[Saved data entries]
+ + +

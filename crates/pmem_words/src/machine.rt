//! A machine asks, and is told the answers.

ghost use Rattle.std.specs.Prelude.{◌≡◌};
ghost use Rattle.pmem_words.specs.Scripts.{Script, Lowers};
ghost use Rattle.pmem_words.specs.Courses.{over};
ghost use Rattle.pmem_words.specs.Drives.{IsSafe, Ends};

use crate::memory::Memory;
use crate::seat::SeatState;
use asks::Ask;

/// Whether a machine goes on after an answer, or has ended.
#[derive(Debug, Drop)]
pub enum Turn<Out> {
    Go,
    Done(Out),
}

/// A call or a part of one, step by step: it has one ask at a time, and each answer moves it on. All that it knows
/// stands in it and in its seat's state.
pub trait Machine {
    /// What it ends with.
    type Out;

    /// Its present ask; which answers it admits to that; the machine, the seat's state and the turn after each of them;
    /// and a measure.
    ghost script: { Script Self Self.Out };

    /// The present ask.
    fn ask(&self, seat: &SeatState) -> Ask
        ensures { result ≡ script.asks self.now seat.now };

    /// Takes the answer to the present ask, which it has to admit.
    fn tell(&mut self, seat: &mut SeatState, answer: u64) -> Turn<Self::Out>
        requires { script.admits self.old seat.old answer }
        ensures machine { self.new ≡ (script.after self.old seat.old answer).machine }
        ensures seat { seat.new ≡ (script.after self.old seat.old answer).seat }
        ensures turn { result ≡ (script.after self.old seat.old answer).turn };

    /// Each admitted answer after which the machine goes on lowers the measure.
    ghost lowers: { Lowers script };
}

/// Performs each ask of the machine and tells it the answer, until it ends. On the way this memory has to take each ask,
/// and the machine to admit each answer that this memory may give. What it ends with, the seat and the memory are those
/// of one such list of answers. It takes no memory.
pub fn drive<M: Machine + Drop, W: Memory>(
    machine: M,
    seat: &mut SeatState,
    memory: &mut W,
) -> M::Out
    requires { IsSafe M.script (over M.script W.store) machine seat.old memory.old }
    ensures { Ends M.script (over M.script W.store) machine seat.old memory.old result seat.new memory.new }
{
    let mut machine = machine;
    loop {
        let ask = machine.ask(seat);
        let answer = memory.perform(seat, ask);
        match machine.tell(seat, answer) {
            Turn::Go => {}
            Turn::Done(out) => return out,
        }
    }
}
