//! What a seat keeps within a call and between calls.

ghost use Rattle.std.specs.Prelude.{◌≡◌, ℕ, ◌+◌, ◌*◌, ◌<◌, ◌≤◌, IfOk, length};

mod blocks;
mod calling;
mod giving;
mod hold;
mod room;
mod walk;

use crate::keeps::{KeptWord, Task};
use crate::owned::OwnedBlocks;
use crate::{BLOCKS, JOB_BYTES, SEATS};
use block_table::Table;
use log_entry::{Geometry, Held};
use std::alloc::{AllocError, Global};
use std::marker::Model;

/// What a seat keeps within a call and between calls: about 4 MB at most. All room is reserved by `new`; no other call of
/// this type takes memory, and the machines change a seat through these calls alone.
#[derive(Drop)]
pub struct SeatState {
    number: u8,
    seats: u8,
    geometry: Geometry,

    head: u64,
    pin: u32,
    generation: u32,
    valid: bool,

    position: u64,
    table: Table,
    tail_block: u16,
    tail_slot: u16,
    tail_base: u64,
    snapshot_base: u64,
    first_log: u16,
    at_tail: bool,
    ready: bool,
    reading: bool,
    reading_generation: u32,
    reading_block: u16,
    reading_slot: u16,
    reading_place: u16,
    kept: Vec<KeptWord>,

    job: Task,
    bytes: Vec<u8>,
    bases: Vec<u16>,
    base_words: Vec<u64>,
    lost: u32,
    won: bool,
    sync_to: Option<u64>,
    noting: bool,

    owned: OwnedBlocks,
    found: Vec<u64>,
    named: Vec<u64>,

    replaced: Vec<u16>,
    replaced_generation: u32,
    limbo: Vec<u16>,
    limbo_generation: u32,
    pins_seen: Vec<u64>,
    limbo_held: Option<Held>,
    head_fenced: bool,
}

impl Model for SeatState {
    ghost use Rattle.std.specs.Prelude.{◌≡◌, ◌≤◌, ◌*◌, vec_len, vec_capacity};
    ghost use Rattle.pmem_words.specs.Maps.{map_of};
    ghost use Rattle.pmem_words.specs.Seats.{Seat, q_of, kept_room, owned_room, bitmap_words};
    ghost use Rattle.pmem_words.specs.declared.TheConstants.{BLOCKS, JOB_BYTES, SEATS};

    ghost Value = { Seat };

    ghost view = { λ s. record {
      number = s.number;
      seats = s.seats;
      geometry = s.geometry;
      hold = record { head = s.head; pin = s.pin; generation = s.generation; valid = s.valid };
      walk = record {
        position = s.position;
        map = map_of s.table;
        size = s.table.size;
        tail_block = s.tail_block;
        tail_slot = s.tail_slot;
        tail_base = s.tail_base;
        snapshot_base = s.snapshot_base;
        first_log = s.first_log;
        at_tail = s.at_tail;
        ready = s.ready;
        reading = s.reading;
        reading_generation = s.reading_generation;
        reading_block = s.reading_block;
        reading_slot = s.reading_slot;
        reading_place = s.reading_place;
        kept = s.kept.items;
      };
      calling = record { job = s.job; bytes = s.bytes.items; bases = s.bases.items; base_words = s.base_words.items; lost = s.lost; won = s.won; sync_to = s.sync_to; noting = s.noting };
      blocks = record { owned = s.owned.blocks; contents = s.owned.contents; found = s.found.items; named = s.named.items };
      giving = record {
        replaced = s.replaced.items;
        replaced_generation = s.replaced_generation;
        limbo = s.limbo.items;
        limbo_generation = s.limbo_generation;
        pins_seen = s.pins_seen.items;
        limbo_held = s.limbo_held;
        head_fenced = s.head_fenced;
      };
    } };

    ghost invariant = { λ s.
        (s.table.block_bytes ≡ s.geometry.block_bytes)
        × (kept_room s.geometry ≤ vec_capacity s.kept)
        × (JOB_BYTES ≤ vec_capacity s.bytes)
        × (2 ≤ vec_capacity s.bases)
        × (2 * q_of s.geometry ≤ vec_capacity s.base_words)
        × (s.owned.block_words ≡ q_of s.geometry)
        × (s.owned.room ≡ owned_room s.geometry)
        × (vec_len s.found ≡ bitmap_words s.geometry)
        × (vec_len s.named ≡ bitmap_words s.geometry)
        × (BLOCKS ≤ vec_capacity s.replaced)
        × (BLOCKS ≤ vec_capacity s.limbo)
        × (SEATS ≤ vec_capacity s.pins_seen) };
}

impl SeatState {
    ghost use Rattle.pmem_words.specs.Seats.{new_seat};

    /// A seat that has made no step: the `number`th of `seats` on an image of this geometry, at this position. Only want of
    /// memory refuses it.
    pub fn new(
        alloc: Global,
        geometry: Geometry,
        number: u8,
        seats: u8,
        position: u64,
    ) -> Result<SeatState, AllocError>
        ensures { IfOk result (λ seat. seat ≡ new_seat geometry number seats position) }
    {
        let q = geometry.q() as usize;
        let owned_room = room::owned_room(&geometry);
        let bitmap_words = room::bitmap_words(&geometry);
        let table = Table::new(alloc, geometry.block_bytes)?;
        let kept = Vec::with_capacity(alloc, 2 * q)?;
        let bytes = Vec::with_capacity(alloc, JOB_BYTES)?;
        let bases = Vec::with_capacity(alloc, 2)?;
        let base_words = Vec::with_capacity(alloc, 2 * q)?;
        let owned = OwnedBlocks::new(alloc, geometry.q() as u16, owned_room)?;
        let found = vec![in alloc; 0u64; bitmap_words]?;
        let named = vec![in alloc; 0u64; bitmap_words]?;
        let replaced = Vec::with_capacity(alloc, BLOCKS)?;
        let limbo = Vec::with_capacity(alloc, BLOCKS)?;
        let pins_seen = Vec::with_capacity(alloc, SEATS)?;
        Ok(SeatState {
            number,
            seats,
            geometry,
            head: 0,
            pin: 0,
            generation: 0,
            valid: false,
            position,
            table,
            tail_block: 0,
            tail_slot: 0,
            tail_base: 0,
            snapshot_base: 0,
            first_log: 0,
            at_tail: false,
            ready: false,
            reading: false,
            reading_generation: 0,
            reading_block: 0,
            reading_slot: 0,
            reading_place: 0,
            kept,
            job: Task::Idle,
            bytes,
            bases,
            base_words,
            lost: 0,
            won: false,
            sync_to: None,
            noting: false,
            owned,
            found,
            named,
            replaced,
            replaced_generation: 0,
            limbo,
            limbo_generation: 0,
            pins_seen,
            limbo_held: None,
            head_fenced: true,
        })
    }

    /// The seat's number, from 0.
    pub fn number(&self) -> u8
        ensures { result ≡ self.now.number }
    {
        self.number
    }

    /// How many seats there are.
    pub fn seats(&self) -> u8
        ensures { result ≡ self.now.seats }
    {
        self.seats
    }

    /// The shape of the image.
    pub fn geometry(&self) -> &Geometry
        ensures { result.now ≡ self.now.geometry }
    {
        &self.geometry
    }
}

+ + +

Return every line of the entries above that the string "IfOk" appears in.

ghost use Rattle.std.specs.Prelude.{◌≡◌, ℕ, ◌+◌, ◌*◌, ◌<◌, ◌≤◌, IfOk, length};
        ensures { IfOk result (λ seat. seat ≡ new_seat geometry number seats position) }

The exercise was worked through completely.